-- PROBLEM STATEMENT --
Take the records below and retype them line by line, from the first line through the one containing "output of eight"; stop there.

-- SOURCE INFORMATION --
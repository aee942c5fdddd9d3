//! Combinations of masks of unknown counts that lie in eight bytes each, as the masks of a few dozen flags do, with an output of eight
//! bytes or more. None of their checks can fail, and each takes one load for each mask and one store. A function here returns the answer of
//! such a combination, or none, with nothing written; the export then makes its call. They are compiled into the exports, so that no record
//! goes through memory (PROVING, `pair_near`).
ghost use Rattle.std.specs.Prelude.{◌≡◌, cond, is_some, IfSome, Some, None, eqb};
ghost use mathlib.Core.List.{zip_with};
ghost use Rattle.words.specs.Flags.{flags_of, over};
ghost use Rattle.words.specs.Loops.{stretch, whole_words};
ghost use Rattle.masks.specs.Mask.{mask_under};
ghost use Rattle.masks.specs.Utils.{zeros};
ghost use Rattle.masks.specs.equations.Combine.{not_bytes, not_of, pair_bytes, pair_of};
ghost use Rattle.masks.specs.equations.Combine.{select_bytes, select_constant_bytes, select_constant_of, select_of};
ghost use Rattle.capi.specs.Answers.{as_mask, mask_answer};
ghost use Rattle.capi.specs.Records.{mask_in, mask_out};
ghost use Rattle.capi.specs.Workers.{all_clear, near_mask, near_output};

use crate::answers::MaskAnswer;
use crate::records::Mask;
use masks::bitmap::Bitmap;
use words::flags::Operand;
use words::ops::Op;
use words::short::{all_near, combine_near, lies_near};

// Returns whether a mask of unknown count has n flags, within the limit, which lie in eight of its `size` bytes.
#[inline(always)]
#[tactic(auto, unfolding(crate::specs::Workers::near_mask))]
fn near_mask(m: Mask, n: usize, size: usize) -> bool
    ensures { result ≡ near_mask m n size }
{
    (m.known == 0) & ((m.length == n) & ((m.start <= Bitmap::LIMIT) & lies_near(size, m.start, n)))
}

// Returns whether there is a flag, and room for eight bytes in an output of `room`.
#[inline(always)]
#[tactic(auto, unfolding(crate::specs::Workers::near_output))]
fn near_output(n: usize, room: usize) -> bool
    ensures { result ≡ near_output n room }
{
    (1 <= n) & (8 <= room)
}

// Returns the answer of a combination of n flags under the largest serial of its masks, its count known if it is all zero by theirs.
#[inline(always)]
fn near_answer(n: usize, clear: bool, serial: u32) -> MaskAnswer
    ensures { result ≡ mask_answer 0 (mask_out (mask_under serial 0 n (cond clear (Some n) None))) }
{
    let mask = Bitmap {
        start: 0,
        length: n,
        unset: clear.then_some(n),
        serial,
    };
    MaskAnswer {
        refusal: 0,
        mask: mask.into(),
    }
}

// Returns whether a mask is all zeros.
#[inline(always)]
fn is_clear(bytes: &[u8], start: usize, n: usize) -> bool
    ensures { result ≡ eqb (zeros (stretch bytes.now start n)) n }
{
    all_near(false, bytes, start, n)
}

// Returns whether a mask is all ones.
#[inline(always)]
fn is_full(bytes: &[u8], start: usize, n: usize) -> bool
    ensures { result ≡ eqb (zeros (stretch bytes.now start n)) 0 }
{
    all_near(true, bytes, start, n)
}

// Returns whether a combination of n flags is all zero by the counts of its masks. No branch: both masks are looked at.
#[inline(always)]
#[tactic(auto, unfolding(crate::specs::Workers::all_clear))]
fn all_clear(op: Op, a: &Operand<'_>, b: &Operand<'_>, n: usize) -> bool
    ensures { result ≡ all_clear op n (zeros (stretch a.now.bytes.now a.now.start n)) (zeros (stretch b.now.bytes.now b.now.start n)) }
{
    match op {
        Op::And => is_clear(a.bytes, a.start, n) | is_clear(b.bytes, b.start, n),
        Op::Xor => {
            let clear = is_clear(a.bytes, a.start, n) & is_clear(b.bytes, b.start, n);
            let full = is_full(a.bytes, a.start, n) & is_full(b.bytes, b.start, n);
            clear | full
        }
        Op::AndNot | Op::Or | Op::OrNot | Op::Not | Op::Select => false,
    }
}

// Combines two masks of unknown counts that lie in eight bytes each by an operation on two flags.
#[inline(always)]
pub(crate) fn pair_near(
    op: Op,
    lhs: Mask,
    lhs_bytes: &[u8],
    rhs: Mask,
    rhs_bytes: &[u8],
    out: &mut [u8],
) -> Option<MaskAnswer>
    ensures answer { IfSome result (λ a. a ≡
        as_mask (pair_of op (mask_in lhs) lhs_bytes.now (mask_in rhs) rhs_bytes.now out.old)) }
    ensures bytes { out.new ≡ cond (is_some result)
        (pair_bytes op (mask_in lhs) lhs_bytes.now (mask_in rhs) rhs_bytes.now out.old) out.old }
{
    let n = lhs.length;
    let first = near_mask(lhs, n, lhs_bytes.len());
    let second = near_mask(rhs, n, rhs_bytes.len());
    let room = near_output(n, out.len());
    let near = first & (second & room);
    if near {
        let a = Operand {
            bytes: lhs_bytes,
            start: lhs.start,
        };
        let b = Operand {
            bytes: rhs_bytes,
            start: rhs.start,
        };
        let clear = all_clear(op, &a, &b, n);
        combine_near(op, &a, &b, &b, n, out);
        Some(near_answer(n, clear, lhs.serial.max(rhs.serial)))
    } else {
        None
    }
}

// Inverts a mask of unknown count that lies in eight bytes.
#[inline(always)]
pub(crate) fn not_near(mask: Mask, bytes: &[u8], out: &mut [u8]) -> Option<MaskAnswer>
    ensures answer { IfSome result (λ a. a ≡ as_mask (not_of (mask_in mask) bytes.now out.old)) }
    ensures bytes { out.new ≡
        cond (is_some result) (not_bytes (mask_in mask) bytes.now out.old) out.old }
{
    let n = mask.length;
    let own = near_mask(mask, n, bytes.len());
    let room = near_output(n, out.len());
    let near = own & room;
    if near {
        let a = Operand {
            bytes,
            start: mask.start,
        };
        combine_near(Op::Not, &a, &a, &a, n, out);
        Some(near_answer(n, false, mask.serial))
    } else {
        None
    }
}

// Chooses between two masks by a third, all of unknown counts and in eight bytes each.
#[inline(always)]
pub(crate) fn select_near(
    selector: Mask,
    selector_bytes: &[u8],
    truthy: Mask,
    truthy_bytes: &[u8],
    falsy: Mask,
    falsy_bytes: &[u8],
    out: &mut [u8],
) -> Option<MaskAnswer>
    ensures answer { IfSome result (λ a. a ≡
        as_mask (select_of (mask_in selector) selector_bytes.now
        (mask_in truthy) truthy_bytes.now (mask_in falsy) falsy_bytes.now out.old)) }
    ensures bytes { out.new ≡ cond (is_some result)
        (select_bytes (mask_in selector) selector_bytes.now
        (mask_in truthy) truthy_bytes.now (mask_in falsy) falsy_bytes.now out.old) out.old }
{
    let n = selector.length;
    let first = near_mask(selector, n, selector_bytes.len());
    let second = near_mask(truthy, n, truthy_bytes.len());
    let third = near_mask(falsy, n, falsy_bytes.len());
    let room = near_output(n, out.len());
    let near = first & (second & (third & room));
    if near {
        let a = Operand {
            bytes: selector_bytes,
            start: selector.start,
        };
        let b = Operand {
            bytes: truthy_bytes,
            start: truthy.start,
        };
        let c = Operand {
            bytes: falsy_bytes,
            start: falsy.start,
        };
        combine_near(Op::Select, &a, &b, &c, n, out);
        let rest = truthy.serial.max(falsy.serial);
        Some(near_answer(n, false, selector.serial.max(rest)))
    } else {
        None
    }
}

// Writes the n flags of the second stretch where those of the first are set, and `flag` elsewhere.
#[inline(always)]
fn constant_near<'a>(flag: bool, a: &Operand<'a>, b: &Operand<'a>, n: usize, out: &mut [u8])
    ensures { flags_of out.new ≡ over (flags_of out.old) (whole_words (zip_with (λ p q. cond p q flag)
        (stretch a.now.bytes.now a.now.start n) (stretch b.now.bytes.now b.now.start n))) }
{
    if flag {
        combine_near(Op::OrNot, b, a, a, n, out);
    } else {
        combine_near(Op::And, a, b, b, n, out);
    }
}

// Chooses between a mask and a flag by another mask, both of unknown counts and in eight bytes each.
#[inline(always)]
pub(crate) fn select_constant_near(
    selector: Mask,
    selector_bytes: &[u8],
    truthy: Mask,
    truthy_bytes: &[u8],
    flag: bool,
    out: &mut [u8],
) -> Option<MaskAnswer>
    ensures answer { IfSome result (λ a. a ≡
        as_mask (select_constant_of (mask_in selector) selector_bytes.now (mask_in truthy) truthy_bytes.now flag out.old)) }
    ensures bytes { out.new ≡ cond (is_some result)
        (select_constant_bytes (mask_in selector) selector_bytes.now (mask_in truthy) truthy_bytes.now flag out.old) out.old }
{
    let n = selector.length;
    let first = near_mask(selector, n, selector_bytes.len());
    let second = near_mask(truthy, n, truthy_bytes.len());
    let room = near_output(n, out.len());
    let near = first & (second & room);
    if near {
        let a = Operand {
            bytes: selector_bytes,
            start: selector.start,
        };
        let b = Operand {
            bytes: truthy_bytes,
            start: truthy.start,
        };
        constant_near(flag, &a, &b, n, out);
        Some(near_answer(n, false, selector.serial.max(truthy.serial)))
    } else {
        None
    }
}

-- ANSWER FOR THE TASK --
repository aee942c5fdddd9d3
//! Combinations of masks of unknown counts that lie in eight bytes each, as the masks of a few dozen flags do, with an output of eight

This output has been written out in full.